Kali ini kita juga akan membahas ayat lainnya yang menunjukkan kelaziman ishmah atau kemaksuman, seperti ayat berikut:

وَمَآ اَرْسَلْنَا مِنْ رَّسُوْلٍ اِلَّا لِيُطَاعَ بِاِذْنِ اللّٰهِ

Dan Kami tidak mengutus seorang rasul melainkan untuk ditaati dengan izin Allah. (An-Nisa: 64)

Dalam ayat tersebut meskipun tidak secara langsung berbicara mengenai ishmah para nabi, namun ayat itu secara jelas menuntut umat manusia untuk taat secara mutlak kepada utusan Allah. Kemutlakan taat dalam ayat tersebut dipahami dari tidak disertakannya qaid (pengkhususan) dalam wilayah ketaatannya.

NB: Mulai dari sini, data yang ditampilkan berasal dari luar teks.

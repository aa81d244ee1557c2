//! Two sessions with a desk: in memory, and over two disks of which one fails.
mod lives;
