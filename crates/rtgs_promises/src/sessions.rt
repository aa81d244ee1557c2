//! Sessions with a desk, how they end, and why they may end early.
use rtgs_book::{Command, Fault, Refusal, WholeAnswer};
use sqlite::Error;
use sqlite_trees::error::StoreError;

/// How a session with a desk ends.
#[derive(Clone, Copy, Debug)]
pub enum Stop {
    /// By a crash, in the middle of whatever its store then does.
    Crash,
    /// In order, as far as its store still works.
    Close,
}

/// A session that a desk is to have: the commands that it is given, and how it ends.
#[derive(Debug, Drop)]
pub struct PlannedSession {
    pub commands: Vec<Command>,
    pub stop: Stop,
}

/// Why no more sessions could be had.
#[derive(Debug, Drop)]
pub enum NoSession {
    /// There was no memory for the replies. The commands of that session were not given.
    OutOfMemory,
    /// The store did not open again after a crash.
    NotReopened(StoreError),
    /// The database did not open over the store.
    NotConnected(Error),
    /// No desk opened over the tables.
    NoDesk(Fault),
}

/// Sessions that ended early: the replies of those that were had, why there were no more, and the store.
#[derive(Drop)]
pub struct Unfinished<S> {
    pub said: Vec<Vec<Result<WholeAnswer, Refusal>>>,
    pub cause: NoSession,
    pub store: S,
}
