//! What a desk answers and keeps: its runs, its tables, a batch that is sent twice, and openings.
//!
//! "The files of a command" say what a command does to a book: rtgs_book Balance, Books, Choice, Commands, Lookup,
//! Outcome, Queue, Settle, Step, answer.rt, book.rt, command.rt, day.rt, limits.rt, mark.rt, new_day.rt, new_order.rt,
//! order.rt, order_state.rt, participant.rt, phase.rt, posting.rt, refusal.rt, rows.rt; rtgs_lists IntSum; rtgs_money
//! Date, amount.rt, cents.rt, code.rt, credit.rt, date.rt, key_digest.rt, name.rt, posting_amount.rt, reference.rt,
//! text.rt.
//!
//! What the `sqlite` crate calls a database, and what it may leave after a crash (`may_leave`), is that crate's.
ghost use Rattle.std.specs.Prelude.{◌≡◌, false, List, IfOk, IsTrue, length, IfErr, OnErr, ◌≢◌, true, None, ◌⊎◌};
ghost use Rattle.std.specs.List.{AllByRecursion};
ghost use Rattle.sqlite.specs.Held.{state};
ghost use Rattle.sqlite.specs.State.{HasCleanDisk};
ghost use Rattle.sqlite.specs.Tree.{Trees};
ghost use Rattle.rtgs_desk.specs.batches.Batches.{orders_of};
ghost use Rattle.rtgs_book.specs.Books.{is_automatic};
ghost use Rattle.rtgs_book.specs.Calm.{IsCalm};
ghost use Rattle.rtgs_book.specs.Outcome.{Reply};
ghost use Rattle.rtgs_book.specs.Run.{Run, once};
ghost use Rattle.rtgs_book.specs.Session.{MayFind, answered, answers, open_command};
ghost use Rattle.rtgs_book.specs.Soundness.{IsSound};
ghost use Rattle.rtgs_book.specs.Step.{Step};
ghost use Rattle.rtgs_book.specs.declared.book.Book.{Book};
ghost use Rattle.rtgs_desk.specs.Holding.{Holds, HasInMemory};
ghost use Rattle.rtgs_desk.specs.Replies.{FailsOnce};
ghost use Rattle.rtgs_order_files.specs.declared.batch_result.RowReply.TheVariants.{Refused};
ghost use Rattle.rtgs_promises.specs.Headline.{LeavesExactly};
ghost use Rattle.rtgs_promises.specs.Openings.{HasOpeningNumber, IsOfABook};
ghost use Rattle.rtgs_rows.specs.Content.{Content, Holds as HoldsRows};
ghost use Rattle.rtgs_rows.specs.Keeping.{AddsUp, IsWhole};
ghost use Rattle.rtgs_rows.specs.declared.numbers.TheConstants.{VERSION};
ghost use Rattle.rtgs_book_file.specs.stored_desk.Stored.{AreTablesOf, IsMemoryOrStore, IsNotCalmAs};
ghost use Rattle.rtgs_tables.specs.Loading.{IsDisplayed, ExplainsDatabase};

use crate::batching::{resumed, send};
use crate::sessions::{NoSession, Stop};
use rtgs_book::{Command, Fault, NewOrder, Refusal, WholeAnswer};
use rtgs_book_file::stored_desk::open;
use rtgs_desk::Desk;
use rtgs_keeper::Keeper;
use rtgs_money::Code;
use rtgs_order_files::BatchResult;
use rtgs_rows::laws::{stored_balances_are_the_postings, what_a_stop_leaves_adds_up};
use rtgs_tables::SqlKeeper;
use sqlite::{Alter, Connection};
use sqlite_trees::store::Reopen;
use std::alloc::{AllocError, Global};

/// **Promise 3. The answers are the definitions' run.** The commands that were answered, one after another, have these
/// replies, and lead to the book that the desk then holds. The store fails once at most, and then nothing more is done.
/// Whatever a crash leaves then is that book, or that book after the one command that met the fault. Without memory for
/// the replies nothing is done. This holds over any keeper with the trait's laws.
// To judge it, read these 61 files: the files of a command; rtgs_desk Holding, Replies, Seen, desk.rt; rtgs_book Run,
// Session, Calm, cores.Cores, Soundness, Ranges, fault.rt, cores/cores.rt, rule.rt, account.rt; rtgs_keeper Still,
// keeper.rt; rtgs_records Held, Records, accounts.Accounts, queues.Orders, records.rt, accounts/accounts.rt,
// queues/orders.rt; rtgs_money Amounts; rtgs_ledger ledger.rt.
pub fn answers_are_the_definitions_run<K: Keeper>(
    desk: &mut Desk<K>,
    commands: &[Command],
) -> Result<Vec<Result<WholeAnswer, Refusal>>, AllocError>
    ensures one_each { IfOk result (λ replies. length replies.items ≡ length commands.now) }
    ensures run { IfOk result (λ replies. K.is_honest desk.new.keeper → (book : Book) → Holds K.Keeper desk.old book
        → (last : Book) × Run book (answered commands.now replies.items) (answers replies.items) last
        × (K.has_failed desk.new.keeper ≡ false → Holds K.Keeper desk.new last)
        × ((found : Book) → K.leaves desk.new.keeper found
        → MayFind last (open_command commands.now replies.items) found)) }
    ensures fails_once { IfOk result (λ replies.
        FailsOnce (K.has_failed desk.old.keeper) replies.items (K.has_failed desk.new.keeper)) }
    ensures no_memory { OnErr result (desk.new ≡ desk.old) }
{
    desk.run(commands)
}

/// **Promise 4. The tables are the book's rows.** Whatever a crash leaves of a desk at rest are the tables of the book
/// that it holds, and nothing else.
// To judge it, read these 81 files: rtgs_promises Headline; rtgs_desk Holding, Seen, desk.rt; rtgs_book Calm,
// cores.Cores, Books, Choice, Balance, Soundness, Ranges, Queue, Lookup, Judgement, Settle, book.rt, rows.rt,
// participant.rt, posting.rt, order.rt, mark.rt, day.rt, fault.rt, order_state.rt, phase.rt, cores/cores.rt, rule.rt,
// account.rt, limits.rt; rtgs_keeper Still, keeper.rt; rtgs_rows Keeping, Querying, Content, Tables, RowLaws, Settling,
// Fitting, TableRecords, Dues, Rows, numbers.rt, forward.rt, resolution_row.rt, desk_row.rt; rtgs_sql_columns Blank,
// Tables, Numbers, OneTable; rtgs_tables Loading, Between, sql_keeper.rt; rtgs_records Held, Records,
// accounts.Accounts, queues.Orders, records.rt, accounts/accounts.rt, queues/orders.rt; rtgs_sql_queries Records,
// Displaying, TableQueries; rtgs_sql_loading Accounts, Displaying, Joining; rtgs_lists IntSum; rtgs_money Amounts,
// Date, Forms, Digits, code.rt, name.rt, key_digest.rt, credit.rt, reference.rt, posting_amount.rt, date.rt, amount.rt,
// cents.rt, text.rt; rtgs_ledger ledger.rt.
pub fn tables_are_exactly_the_book<S: Alter + Drop>(desk: &Desk<SqlKeeper<S>>)
    ensures { (book : Book) → Holds ⟦<SqlKeeper<S> as Keeper>⟧ desk.now book
        → LeavesExactly book (state S.Store desk.now.keeper.conn) }
{
    desk.holds_a_sound_book();
    stored_balances_are_the_postings();
}

/// **Promise 6, as a call: a command and what follows it are one.** Wherever the store fails, a crash leaves the book
/// before the command, or the one after it and after all that it let settle, and never one between them.
// To judge it, read these 58 files: the files of a command; rtgs_desk Holding, Seen, desk.rt; rtgs_book Calm,
// cores.Cores, Soundness, Ranges, fault.rt, cores/cores.rt, rule.rt, account.rt; rtgs_keeper Still, keeper.rt;
// rtgs_records Held, Records, accounts.Accounts, queues.Orders, records.rt, accounts/accounts.rt, queues/orders.rt;
// rtgs_money Amounts; rtgs_ledger ledger.rt.
pub fn a_command_and_what_follows_are_one<K: Keeper>(
    desk: &mut Desk<K>,
    command: Command,
) -> Result<WholeAnswer, Refusal>
    ensures whole { K.is_honest desk.new.keeper → (book found : Book) → Holds K.Keeper desk.old book
        → K.leaves desk.new.keeper found → (found ≡ book) ⊎ ((reply : Reply) × Step book command reply found) }
    ensures calm { K.is_honest desk.new.keeper → (book found : Book) → Holds K.Keeper desk.old book
        → K.leaves desk.new.keeper found → IsCalm found }
{
    desk.submit(command)
}

/// **Promise 7, in whatever a crash leaves.** Whichever book this is, the stored balances add up to the postings'
/// cents.
// To judge it, read these 41 files: rtgs_rows Keeping, Content, Fitting, Tables, Dues, Rows, forward.rt, numbers.rt,
// desk_row.rt, resolution_row.rt; rtgs_lists IntSum; rtgs_book Balance, Soundness, Books, Lookup, Queue, Settle,
// book.rt, day.rt, posting.rt, order.rt, mark.rt, rows.rt, participant.rt, phase.rt, order_state.rt, limits.rt;
// rtgs_money Date, Forms, Amounts, Digits, date.rt, code.rt, reference.rt, posting_amount.rt, amount.rt, cents.rt,
// name.rt, key_digest.rt, credit.rt, text.rt.
pub fn stored_money_is_what_was_posted<S: Alter>(conn: &Connection<S>)
    ensures { IsWhole S.Store conn.now → (trees : Trees) → (state S.Store conn.now).may_leave trees
        → (content : Content) × HoldsRows content trees × AddsUp content }
{
    what_a_stop_leaves_adds_up(conn);
}

/// **Promise 11, as a call.** A batch is sent, the desk stops, is opened again, and the whole batch is sent once more.
/// If this sending reaches its end, the desk holds the book that one sending would have made.
// To judge it, read these 92 files: the files of a command; rtgs_book Run, Calm, cores.Cores, Soundness, Ranges,
// Judgement, fault.rt, rule.rt, cores/cores.rt, account.rt; rtgs_desk Holding, batches.Batches, Seen, desk.rt;
// rtgs_keeper Still, keeper.rt; rtgs_rows Keeping, Querying, Content, Tables, RowLaws, Settling, Fitting, TableRecords,
// Dues, Rows, numbers.rt, forward.rt, resolution_row.rt, desk_row.rt; rtgs_sql_columns Blank, Tables, Numbers,
// OneTable; rtgs_tables Loading, Between, sql_keeper.rt; rtgs_records Held, Records, accounts.Accounts, queues.Orders,
// records.rt, accounts/accounts.rt, queues/orders.rt; rtgs_sql_queries Records, Displaying, TableQueries;
// rtgs_sql_loading Accounts, Displaying, Joining; rtgs_money Amounts, Forms, Digits; rtgs_promises sessions.rt;
// rtgs_order_files batch_result.rt; rtgs_ledger ledger.rt.
pub fn send_a_batch_twice<S: Alter + Reopen + Drop>(
    alloc: Global,
    desk: Desk<SqlKeeper<S>>,
    sender: Code,
    rows: &[NewOrder],
    stop: Stop,
) -> Result<(BatchResult, BatchResult, Desk<SqlKeeper<S>>), NoSession>
    ensures { IfOk result (λ (first, again, last). HasCleanDisk (state S.Store last.keeper.conn) → (start end : Book)
        (once : List Reply) → Holds ⟦<SqlKeeper<S> as Keeper>⟧ desk start
        → (is_automatic start.day ≡ true
        → AllByRecursion (λ row. row ≢ Refused Refusal.QueueFull) first.replies.items)
        → again.stopped ≡ None → Run start (orders_of sender rows.now) once end
        → Holds ⟦<SqlKeeper<S> as Keeper>⟧ last end) }
{
    let mut desk = desk;
    let first = send(alloc, &mut desk, sender, rows)?;
    let mut next = resumed(alloc, desk, stop)?;
    next.holds_a_sound_book();
    let again = send(alloc, &mut next, sender, rows)?;
    Ok((first, again, next))
}

/// **Promise 15. An opening gives a sound book, or names a fault by its number.** The book is the one that the tables
/// show, and if they held a book it is calm. Where there is none, the fault is 90, 91, 93 or 94, and it is explained by
/// what the tables show; tables that hold a calm book are refused with 90 or 91 alone, and those that hold another also
/// as not calm. Whatever it answers, the tables stay as they were found.
// To judge it, read these 86 files: rtgs_promises Openings; rtgs_desk Holding, Seen, desk.rt; rtgs_book Soundness,
// Calm, cores.Cores, Books, Choice, Refusals, Ranges, Lookup, Queue, Settle, Balance, Judgement, book.rt, fault.rt,
// rule.rt, rows.rt, participant.rt, posting.rt, order.rt, mark.rt, day.rt, account.rt, order_state.rt, phase.rt,
// cores/cores.rt, limits.rt; rtgs_sql_loading Displaying, Accounts, Joining; rtgs_book_file stored_desk.Stored;
// rtgs_rows Keeping, Content, Querying, Fitting, Dues, TableRecords, Tables, RowLaws, Settling, Rows, numbers.rt,
// forward.rt, desk_row.rt, resolution_row.rt; rtgs_sql_queries Displaying, Records, TableQueries; rtgs_sql_columns
// Tables, Blank, Numbers, OneTable; rtgs_keeper Still, keeper.rt; rtgs_tables Loading, Between, sql_keeper.rt;
// rtgs_refusals Table, refusal_kind.rt, exit_status.rt; rtgs_money Date, Amounts, Forms, Digits, code.rt, name.rt,
// key_digest.rt, credit.rt, reference.rt, posting_amount.rt, date.rt, amount.rt, cents.rt, text.rt; rtgs_records Held,
// Records, accounts.Accounts, queues.Orders, records.rt, accounts/accounts.rt, queues/orders.rt; rtgs_lists IntSum;
// rtgs_ledger ledger.rt.
pub fn opens_a_sound_book_or_names_a_fault<S: Alter + Drop>(
    alloc: Global,
    conn: Connection<S>,
) -> Result<Desk<SqlKeeper<S>>, (Fault, SqlKeeper<S>)>
    requires { conn.in_transaction ≡ false }
    ensures sound { IfOk result (λ desk. HasCleanDisk (state S.Store desk.keeper.conn)
        → IsTrue (state S.Store conn).is_open
        → (book : Book) × HasInMemory desk book × IsSound book × IsDisplayed VERSION (state S.Store conn).now book) }
    ensures held { IfOk result (λ desk. HasCleanDisk (state S.Store desk.keeper.conn)
        → IsTrue (state S.Store conn).is_open
        → (book : Book) → AreTablesOf book (state S.Store conn).committed.trees
        → Holds ⟦<SqlKeeper<S> as Keeper>⟧ desk book × IsCalm book) }
    ensures number { IfErr result (λ (fault, _). HasOpeningNumber fault) }
    ensures cause { IfErr result (λ (fault, left). HasCleanDisk (state S.Store left.conn)
        → IsTrue (state S.Store conn).is_open → ExplainsDatabase VERSION (state S.Store conn).now fault
        ⊎ IsNotCalmAs (IsDisplayed VERSION (state S.Store conn).now) fault) }
    ensures accepted { IfErr result (λ (fault, left). HasCleanDisk (state S.Store left.conn)
        → IsTrue (state S.Store conn).is_open → (book : Book)
        → AreTablesOf book (state S.Store conn).committed.trees → IsCalm book → IsMemoryOrStore fault) }
    ensures restless { IfErr result (λ (fault, left). HasCleanDisk (state S.Store left.conn)
        → IsTrue (state S.Store conn).is_open → (book : Book)
        → AreTablesOf book (state S.Store conn).committed.trees → IsOfABook fault) }
    ensures stays { IfOk result (λ desk. HasCleanDisk (state S.Store desk.keeper.conn)
        → IsTrue (state S.Store conn).is_open → (trees : Trees) → (state S.Store desk.keeper.conn).may_leave trees
        → trees ≡ (state S.Store conn).committed.trees) }
    ensures stays_refused { IfErr result (λ (_, left). HasCleanDisk (state S.Store left.conn)
        → IsTrue (state S.Store conn).is_open → (trees : Trees) → (state S.Store left.conn).may_leave trees
        → trees ≡ (state S.Store conn).committed.trees) }
{
    match open(alloc, conn) {
        Ok(desk) => {
            desk.holds_a_sound_book();
            Ok(desk)
        }
        Err((fault, left)) => Err((fault, left)),
    }
}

Arti taat secara mutlak di sini adalah mengikuti semua hal yang keluar dari mereka meliputi perintah atau pun larangan, dimana pun dan kapan pun. Dengan kondisi demikian, ketaatan mutlak terhadap para nabi ini akan menjadi benar apabila mereka senantiasa berada dalam jalur kebenaran dan ketaatan pada Allah swt, bukan yang terkadang bisa salah atau benar. Sebab seandainya yang keluar dari mereka (para nabi) adalah terkadang bisa benar dan bisa salah, maka dalam hal ini tidak selayaknya Allah swt menuntut ketaatan mutlak terhadap mereka, sebab ini bertolakbelakang dengan sifat Allah swt yang Hakim (maha bijaksana).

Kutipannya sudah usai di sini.